Output issue calculating moving average - list

I coded a function that calculates the moving average of a stock given a list of dates and prices. But the output is incorrect. I just need a second set of eyes on the code. here is my code.
def calculate(self, stock_date_price_list, min_days=2):
'''Calculates the moving average and generates a signal strategy for buy or sell
strategy given a list of stock date and price. '''
stock_averages = []
stock_signals = []
price_list = [float(n) for n in stock_date_price_list[1::2]]

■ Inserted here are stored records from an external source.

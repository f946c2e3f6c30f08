//! A table of translation rows.

ghost use Rattle.std.specs.Prelude.{◌≡◌, ◌≤◌, ◌↔◌, [], length, slice_get, IsTrue, Some, None, Err, IsOk, IfOk, IfErr, OnOk, OnErr, IsOkUnless, if◌then◌else◌};
ghost use Rattle.std.specs.List.{IsDistinct, insert, list_any};
ghost use Rattle.std.specs.Result.{is_ok};
ghost use Rattle.sccp_relay.specs.Digits.{with_value};
ghost use Rattle.sccp_relay.specs.Nodes.{stored};
ghost use Rattle.sccp_relay.specs.Rows.{IsOrdered, place_of, row_place, has_row, with_row, without_row, add_refusal, set_refusal, is_same_place, table_of};
ghost use Rattle.sccp_relay.specs.Statuses.{is_for, leads_to};
ghost use Rattle.sccp_relay.specs.Translation.{translation, IsTranslation};
ghost use Rattle.sccp_relay.specs.Ways.{IsRow, way_of, lead_of};

use crate::Trie;
use crate::places::{has_key, key_of, place, row_at, sort};
use crate::subsystem::Subsystem;
use crate::ways::{MORE, enter, key_digits, replace, row_led, trie_of, way_of};
use sccp_codec::TitleKey;
use settings::{TitleRoute, TitleRow};
use signalling_types::{Cause, Limits};
use std::alloc::{AllocError, Global};
use std::marker::Model;

/// A table of at most 65,535 translation rows. No two have one key and the same digits.
///
/// The rows are in their order, and a trie leads to each of them by the digits of its key and its own.
#[derive(Drop)]
pub struct Translations {
    rows: Vec<TitleRow>,
    trie: Trie,
}

impl Model for Translations {
    ghost use Rattle.std.specs.Prelude.{List};
    ghost use Rattle.settings.specs.Configuration.{TitleEntry};

    ghost Value = { List TitleEntry };

    ghost view = { λ t. t.rows.items };

    ghost use Rattle.sccp_relay.specs.Table.{IsTable};

    ghost invariant = { IsTable };
}

impl Translations {
    /// A table without rows. It allocates from this allocator as rows are added.
    pub fn new(alloc: Global) -> Translations
        ensures { result ≡ [] }
    {
        Translations {
            rows: Vec::new(alloc),
            trie: Trie::new(alloc),
        }
    }

    /// A table of these rows, no two of one key and the same digits, sorted once. It allocates from this allocator, now
    /// and as rows are added.
    pub fn of_rows(alloc: Global, rows: &[TitleRow]) -> Result<Translations, AllocError>
        requires fits { length rows.now ≤ Limits.TITLES }
        requires differ { IsDistinct is_same_place rows.now }
        ensures { IfOk result (λ table. table ≡ table_of rows.now) }
    {
        let mut rows = Vec::from_slice(alloc, rows)?;
        sort(&mut rows);
        let trie = trie_of(alloc, &rows)?;
        Ok(Translations { rows, trie })
    }

    /// A copy, which allocates from this allocator, now and as rows are added to it.
    pub fn copy(&self, alloc: Global) -> Result<Translations, AllocError>
        ensures { IfOk result (λ table. table ≡ self.now) }
    {
        let rows = Vec::from_slice(alloc, &self.rows)?;
        let trie = trie_of(alloc, &rows)?;
        Ok(Translations { rows, trie })
    }

    /// How many rows there are.
    pub fn len(&self) -> usize
        ensures count { result ≡ length self.now }
        ensures fits { length self.now ≤ Limits.TITLES }
    {
        self.rows.len()
    }

    /// Whether there are none.
    pub fn is_empty(&self) -> bool
        ensures { IsTrue result ↔ (self.now ≡ []) }
    {
        self.rows.is_empty()
    }

    /// Adds a row at its place: by translation type, plan, nature, then digit by digit, a prefix before what it begins.
    /// It finds the place by binary search, and moves the rows after it.
    ///
    /// Refused DuplicateRow if there is a row of its key and digits; otherwise TableFull if there are 65,535 rows;
    /// otherwise NoMemory if an allocation is refused. A refusal leaves the table as it was.
    pub fn add(&mut self, row: TitleRow) -> Result<(), Cause>
        ensures added { OnOk result (self.new ≡ with_row row self.old) }
        ensures unchanged { OnErr result (self.new ≡ self.old) }
        ensures refused { (cause : Cause) → add_refusal self.old row ≡ Some cause → result ≡ Err cause }
        ensures memory { add_refusal self.old row ≡ None → IsOkUnless result Cause.NoMemory }
    {
        let Err(place) = place(&self.rows, key_of(&row), row.digits()) else {
            return Err(Cause::DuplicateRow);
        };
        if self.rows.len() >= Limits::TITLES {
            return Err(Cause::TableFull);
        }
        match put(&mut self.rows, &mut self.trie, place, row) {
            Ok(()) => Ok(()),
            Err(_) => Err(Cause::NoMemory),
        }
    }

    /// Puts a row in the place of the one of its key and digits, or adds it if there is none, as `add` does. It finds the
    /// place by binary search. A row that is replaced needs no memory, and moves no other.
    ///
    /// Refused as `add` refuses, but never if there is a row of its key and digits. A refusal leaves the table as it
    /// was.
    pub fn set(&mut self, row: TitleRow) -> Result<(), Cause>
        ensures set { OnOk result (self.new ≡ with_row row self.old) }
        ensures unchanged { OnErr result (self.new ≡ self.old) }
        ensures replaced { IsTrue (has_row self.old (row_place row)) → IsOk result }
        ensures refused { (cause : Cause) → set_refusal self.old row ≡ Some cause → result ≡ Err cause }
        ensures memory { set_refusal self.old row ≡ None → IsOkUnless result Cause.NoMemory }
    {
        let Ok(place) = place(&self.rows, key_of(&row), row.digits()) else {
            return self.add(row);
        };
        replace(&mut self.trie, &row);
        self.rows[place] = row;
        Ok(())
    }

    /// Removes the row of this key and exactly these digits. It finds it by binary search, and moves the rows after it.
    ///
    /// Refused NoSuchName if there is none; then the table stays as it was.
    pub fn remove(&mut self, key: TitleKey, digits: &[u8]) -> Result<(), Cause>
        ensures found { IsOk result ↔ IsTrue (has_row self.old (place_of key digits.now)) }
        ensures removed { OnOk result (self.new ≡ without_row (place_of key digits.now) self.old) }
        ensures refused { IfErr result (λ cause. cause ≡ Cause.NoSuchName) }
        ensures unchanged { OnErr result (self.new ≡ self.old) }
    {
        let Ok(place) = place(&self.rows, key, digits) else {
            return Err(Cause::NoSuchName);
        };
        let row = self.rows.remove(place);
        let _ = self.trie.remove(way_of(&row).as_slice());
        Ok(())
    }

    /// The row of this number, from 0, in the order of the rows. None past the last.
    pub fn row(&self, index: usize) -> Option<TitleRow>
        ensures row { result ≡ slice_get self.now index }
        ensures order { IsOrdered self.now }
    {
        self.rows.get(index).copied()
    }

    /// The row that translates an address of this key and these digits: of the rows of the key whose digits begin
    /// these, the one with the most. It takes a step for each digit, however many rows there are, and a binary search
    /// among the rows more if that row has a backup or changes titles. If none begins them, it looks for a row of the
    /// key by binary search.
    ///
    /// Refused NoNature if there is no row of the key; otherwise NoDigits if none of these begins the digits (Q.714
    /// §2.8).
    pub fn translate(&self, key: TitleKey, digits: &[u8]) -> Result<TitleRow, Cause>
        // What the rows say.
        ensures exact { result ≡ translation self.now key digits.now }
        // The row is the longest that leads the digits.
        ensures longest { IfOk result (IsTranslation self.now key digits.now) }
    {
        match self.trie.longest_behind(&key_digits(key), digits) {
            Some((count, lead)) if lead < MORE => Ok(row_led(key, &digits[..count], lead)),
            Some((count, _)) => row_at(&self.rows, key, &digits[..count]),
            None if has_key(&self.rows, key) => Err(Cause::NoDigits),
            None => Err(Cause::NoNature),
        }
    }

    /// Whether a row leads to a subsystem, by a walk over all rows.
    pub(crate) fn lead_to(&self, subsystem: &Subsystem) -> bool
        ensures { result ≡ list_any (leads_to subsystem.now) self.now }
    {
        self.rows.iter().any(|row| leads_to(row, subsystem))
    }
}

/// Whether a row leads to a subsystem, at its point or at its backup.
fn leads_to(row: &TitleRow, subsystem: &Subsystem) -> bool
    ensures { result ≡ leads_to subsystem.now row.now }
{
    is_for(row.route(), subsystem.ssn)
        && (row.point() == subsystem.point || row.backup() == Some(subsystem.point))
}

/// Whether a row is routed by this subsystem number.
fn is_for(route: TitleRoute, ssn: u8) -> bool
    ensures { result ≡ is_for route ssn }
{
    match route {
        TitleRoute::Title(_) => false,
        TitleRoute::Ssn(number) => number.number() == ssn,
    }
}

/// Puts a row at its place among the others, and makes the trie lead to it. Room is made for both first, so an error
/// leaves both as they were.
fn put(
    rows: &mut Vec<TitleRow>,
    trie: &mut Trie,
    place: usize,
    row: TitleRow,
) -> Result<(), AllocError>
    requires { place ≤ length rows.old.items }
    ensures rows { rows.new.items ≡ (if is_ok result then insert rows.old.items place row else rows.old.items) }
    ensures trie { stored trie.new ≡ (if is_ok result then with_value (stored trie.old) (way_of row) (lead_of row)
        else stored trie.old) }
    ensures free { OnOk result (stored trie.old (way_of row) ≡ None) }
    ensures row { OnOk result (IsRow row) }
{
    rows.try_reserve(1)?;
    if enter(trie, &row).is_err() {
        return Err(AllocError);
    }
    rows.insert(place, row).unwrap();
    Ok(())
}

days_window = collections.deque(maxlen=min_days)
rounding_point = 0.01
for price in price_list:
days_window.append(price)
stock_averages.append(0)
stock_signals.append("")
if len(days_window) == min_days:
moving_avg = sum(days_window) / min_days
stock_averages[-1] = moving_avg
if price < moving_avg:
stock_signals[-1] = "SELL"
elif price > moving_avg:
if price_list[-2] < stock_averages[-2]:
stock_signals[-1] = "BUY"
stock_averages[:] = ("%.2f" % avg if abs(avg)>=rounding_point else ' ' for avg in stock_averages)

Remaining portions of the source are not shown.